新品種育成の背景・経緯
米の消費が減少する中で、中食・外食産業向けの業務用米の需要は増加しています。低価格の業務用米を生産するためには、直播栽培・減農薬栽培等の低コスト栽培に取り組む必要があり、実需者・生産者からも低コスト栽培が可能な良食味品種が求められていました。このような背景の中で、東北農業研究センターで育成した直播向き多収・良食味品種「萌えみのり」1)は、業務用米を中心に普及が進み、直播栽培による低コスト化への取り組み事例も増えてきています。しかし、「萌えみのり」はいもち病に強くないため、いもち病常発地域では栽培が難しいという問題がありました。そこで、いもち病抵抗性を改良した直播向き品種の育成を目的として、いもち病抵抗性"極強"の「中部111号(みねはるか)」に、「萌えみのり」を交配し、新品種「えみのあき」を育成しました。
「えみのあき」の特徴
- いもち病に強く、短稈で倒れにくい、直播栽培に適した品種です(図1、表1)。東北・北陸地域での直播栽培に適しているほか、いもち病常発地域での移植栽培にも適しています。
- 「萌えみのり」よりもいもち病に強く、葉いもち・穂いもちともに既存の"極強"の基準品種と同等のいもち病抵抗性を示します(図2)。また、耐冷性にも優れ、"強"に分類されます。
- 食味は東北地域の主要品種である「あきたこまち」「ひとめぼれ」と同等の良食味です。
- 出穂期・成熟期は「ひとめぼれ」並で、東北地域では"中生の晩"熟期です。精玄米収量は直播栽培では「ひとめぼれ」より多収で、移植栽培では「ひとめぼれ」と同程度です。「萌えみのり」には直播栽培、移植栽培ともに収量がやや劣ります。
- 玄米の千粒重は「ひとめぼれ」と同程度かやや重く、外観品質は「ひとめぼれ」並の良質です(表1)。

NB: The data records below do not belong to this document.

//! Why a router has a route, and the timeline of a run, as JSON: one object in one line, with what the texts of the same jobs say.
#![tactic(auto)]

mod events;
mod grafts;
mod sessions;
mod steps;
mod tables;
mod timeline;
mod why;

pub use timeline::timeline_json;
pub use why::why_json;
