//! The run of an input.

ghost use Rattle.std.specs.Prelude.{◌≡◌, ◌≤◌, IfOk};
ghost use Rattle.world_nodes.specs.RunningLabs.{stand, counts, AllWork};
ghost use Rattle.world_nodes.specs.Edges.{HasCounts};
ghost use Rattle.lab_setup.specs.Setups.{setup_of};
ghost use Rattle.node_configs.specs.Accepted.{IsAccepted};
ghost use Rattle.lab_run.specs.Runs.{BeginsFresh, RanLab};

use crate::laws::labs_tell_of_runs;
use crate::run::run_groups;
use graft_edge::{Gate, Items, NoMemory};
use lab_actors::actors_of;
use lab_report::Lab;
use lab_seen::lab_of;
use lab_tables::LabInput;
use node_configs::budgets_of;
use std::alloc::Global;
use std::thread::Threads;
use world_nodes::RunningLab;

/// The net of the laboratory that an input describes, at its beginning.
fn begin(alloc: Global, input: &LabInput) -> Result<RunningLab, NoMemory>
    requires { IsAccepted input.now }
    ensures begins { IfOk result (λ running. BeginsFresh (setup_of input.now) input.now.faults (stand running)) }
    ensures works { IfOk result AllWork }
    ensures counts { IfOk result (λ running. HasCounts (setup_of input.now) (counts running)) }
{
    let actors = actors_of(alloc, input)?;
    let routers = input.routers.len() as u16;
    let peerings = input.peerings.len() as u16;
    RunningLab::begin(alloc, actors, routers, peerings)
}

/// Runs the laboratory of an input by 1 to 8 workers, until nothing is left to do after the last group of its script, or a limit or the budget
/// of a group is met. Each actor passes the gate before each of its turns. The input is one that was accepted. The lab tells of one run: the
/// clocks of its journal follow what each event takes; from mark to mark one chain of worlds leads from the first world to the last one, which
/// is what the lab shows; and what is claimed of sessions on their way holds along the journal, and along the rounds one after another. Where
/// eight rounds behind a mark have no event, nothing was left to do at it.
pub fn run_lab<R: Threads + Sync, G: Gate>(
    rt: &R,
    alloc: Global,
    input: LabInput,
    workers: usize,
    gate: &G,
) -> Result<Lab, NoMemory>
    requires accepted { IsAccepted input }
    requires workers { (1 ≤ workers) × (workers ≤ 8) }
    ensures input { IfOk result (λ lab. lab.input ≡ input) }
    ensures ran { IfOk result RanLab }
{
    labs_tell_of_runs();
    let budgets = budgets_of(alloc, &input)?;
    let mut running = begin(alloc, &input)?;
    let mut rounds = Items::new(alloc);
    let end = run_groups(
        rt,
        &mut running,
        budgets.as_slice(),
        &mut rounds,
        workers,
        gate,
    )?;
    lab_of(alloc, input, end, running.finish()?, rounds)
}
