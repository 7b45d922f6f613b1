//! The timeline of a run, as JSON.

ghost use Rattle.std.specs.Prelude.{◌≡◌, IfOk};
ghost use Rattle.serde_json.specs.View.{view};
ghost use Rattle.report_json.specs.Values.{json_line as json_line_lem};
ghost use Rattle.timeline_view.specs.Messages.{outlines_of as outlines_of_lem};
ghost use Rattle.view_json.specs.Timeline.{timeline_of, timeline_json as timeline_json_lem};

use crate::grafts::grafts_value;
use crate::sessions::{sessions_value, total_value};
use crate::tables::{events_value, tables_value};
use graft_edge::{NoMemory, Octets};
use lab_report::Lab;
use report_json::{end_value, json_line, put_text};
use serde_json::{Map, Value, put};
use std::alloc::Global;
use timeline_view::{Happening, Outline, happenings, outlines_of};

/// The timeline, of what happened.
fn timeline_value(
    alloc: Global,
    lab: &Lab,
    outlines: &[Outline],
    all: &[Happening],
) -> Result<Value, NoMemory>
    requires { outlines.now ≡ outlines_of_lem lab.now }
    ensures { IfOk result (λ v. view v ≡ timeline_of lab.now all.now) }
{
    let end = end_value(alloc, &lab.input, lab.end)?;
    let events = events_value(alloc, lab, outlines, all)?;
    let tables = tables_value(alloc, lab, all)?;
    let grafts = grafts_value(alloc, lab, outlines, all)?;
    let sessions = sessions_value(alloc, lab)?;
    let total = total_value(alloc, lab, outlines, all)?;
    let mut map = Map::new(alloc);
    put(&mut map, alloc, "events", events)?;
    put(&mut map, alloc, "grafts", grafts)?;
    put_text(&mut map, alloc, "job", "timeline")?;
    put(&mut map, alloc, "result", end)?;
    put(&mut map, alloc, "sessions", sessions)?;
    put(&mut map, alloc, "tables", tables)?;
    put(&mut map, alloc, "total", total)?;
    put(&mut map, alloc, "version", Value::from(1u32))?;
    Ok(Value::Object(map))
}

/// The timeline of a run, as JSON: how it ended, what happened, what each router did with prefixes in each round, what each graft took and what
/// its remote heard of it, and the OPENs and NOTIFICATIONs of each session.
pub fn timeline_json(alloc: Global, lab: &Lab) -> Result<Octets, NoMemory>
    ensures { IfOk result (λ text. text ≡ json_line_lem (timeline_json_lem lab.now)) }
{
    let all = happenings(alloc, lab)?;
    let outlines = outlines_of(alloc, lab)?;
    let value = timeline_value(alloc, lab, outlines.as_slice(), all.as_slice())?;
    json_line(alloc, &value)
}
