/// Each field of `HasMarks` can be false while all others hold: each of these runs differs in one thing from those of
/// `small_runs_have_their_marks`. With no field left out, this is `HasMarks` itself.
pub fn each_field_of_marks_is_needed()
    ensures all { (setup : Setup) (journal : List JournalEntry) (world : ℕ → World) (budgets : List Budget) (all : List (List ℕ)) (made : List ℕ) (end : RunEnd)
        → marks.HasMarksBut marks.NoField setup journal world budgets all made end → HasMarks setup journal world budgets all made end }
    ensures none_lost { (field : marks.MarksField) (setup : Setup) (journal : List JournalEntry) (world : ℕ → World)
        (budgets : List Budget) (all : List (List ℕ)) (made : List ℕ) (end : RunEnd)
        → HasMarks setup journal world budgets all made end → marks.HasMarksBut field setup journal world budgets all made end }
    ensures is { marks.FalseAloneInMarks marks.Is once [] (calm once) (usual ∷ []) (mark_of 0 0 ∷ []) (1 ∷ []) Settled }
    ensures empty { marks.FalseAloneInMarks marks.Empty once (hear_entry ∷ []) (calm once) (usual ∷ []) (mark_of 1 0 ∷ mark_of 1 0 ∷ []) (1 ∷ []) Settled }
    ensures begins_none { marks.FalseAloneInMarks marks.BeginsNone once (begun_entry ∷ [])
        (calm once) (usual ∷ []) (mark_of 0 0 ∷ mark_of 0 1 ∷ []) (1 ∷ []) Settled }
    ensures is_last { marks.FalseAloneInMarks marks.IsLast once (hear_entry ∷ []) (calm once) (usual ∷ []) one_round (1 ∷ []) Settled }
    ensures whole { marks.FalseAloneInMarks marks.Whole once (hear_entry ∷ []) (calm once) (usual ∷ []) one_round (1 ∷ []) Settled }
{}

/// Marks whose decisions don't fit their worlds are not those of a run: a round though all is quiet, or past the
/// budget; Settled while an item is on its way, or before the least number of rounds; a wrong count of rounds;
/// Unsettled within the budget; and a limit that isn't reached. All other fields of `HasMarks` hold for them.
pub fn marks_name_what_their_worlds_are()
    ensures round_though_quiet { marks.FalseAloneInMarks marks.Name once [] (calm once) (usual ∷ []) two_rounds (2 ∷ []) Settled }
    ensures round_past_budget { marks.FalseAloneInMarks marks.Name once [] (busy_at 1 once) (one ∷ []) two_rounds (2 ∷ []) Settled }
    ensures settled_though_busy { marks.FalseAloneInMarks marks.Name once [] (busy_at 1 once) (usual ∷ []) one_round (1 ∷ []) Settled }
    ensures settled_before_least { marks.FalseAloneInMarks marks.Name once [] (calm once) (patient ∷ []) one_round (1 ∷ []) Settled }
    ensures made { marks.FalseAloneInMarks marks.Name once [] (calm once) (usual ∷ []) one_round (2 ∷ []) Settled }
    ensures unsettled_in_budget { marks.FalseAloneInMarks marks.Name once [] (busy_at 1 once) (usual ∷ []) one_round (1 ∷ []) (Unsettled 1 1 Script) }
    ensures journal_not_full { marks.FalseAloneInMarks marks.Name once [] (calm once) (usual ∷ []) one_round (1 ∷ []) (JournalFull 0) }
    ensures stream_not_full { marks.FalseAloneInMarks marks.Name once [] (calm once) (usual ∷ []) one_round (1 ∷ []) (StreamFull (record { 0 = 0 }) 1044500) }
{}

/// A group begins right after the mark at which the previous one ended, and nowhere else. In these runs no group begins
/// there, or one begins one entry later, or two begin; or one begins after the mark of another round. All other fields
/// of `HasMarks` hold for them.
pub fn groups_begin_behind_their_marks()
    ensures none { marks.FalseAloneInMarks marks.Name twice [] (calm twice) (usual ∷ usual ∷ []) two_rounds (1 ∷ 1 ∷ []) Settled }
    ensures late { marks.FalseAloneInMarks marks.Name twice (note_entry ∷ begun_second ∷ []) (calm twice) (usual ∷ usual ∷ []) two_behind (1 ∷ 1 ∷ []) Settled }
    ensures two { marks.FalseAloneInMarks marks.Name twice (begun_entry ∷ begun_second ∷ []) (calm twice) (usual ∷ usual ∷ []) two_behind (1 ∷ 1 ∷ []) Settled }
    ensures busy { marks.FalseAloneInMarks marks.Name once (begun_entry ∷ []) (busy_at 1 once) (usual ∷ []) go_behind (2 ∷ []) Settled }
{}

- 縞葉枯病にはかかりやすいので、常発地帯での栽培は避けてください。
品種の名前の由来
栽培しやすく美味しい品種として、生産者、消費者ともに笑顔になることを願って「えみのあき」と命名されました。
今後の予定・期待
現在、新潟県および秋田県の一部産地で試験栽培が行われています。このうち、新潟県では平成26年に5haの作付けが見込まれています。今後、これらの地域における低コスト良食味米の安定生産に貢献することが期待されます。
種子の入手に関するお問い合わせ先
農研機構 東北農業研究センター 企画管理部 業務推進室 運営チーム
Tel:019-643-3443 Fax:019-641-7794
利用許諾契約に関するお問い合わせ先
農研機構 連携普及部 知財・連携調整課 種苗係
Tel:029-838-7390 Fax:029-838-8905
用語の解説
1)萌えみのり
農研機構東北農業研究センターが2006年に育成した中生の晩熟期の良食味品種。短稈で倒れにくく直播栽培に適します。移植栽培、直播栽培のいずれにおいても安定多収の良食味品種として、秋田、岩手、宮城、新潟、茨城の各県で産地品種銘柄に指定されています。平成23年の栽培面積は300ha程度で、現在も栽培面積は拡大しています。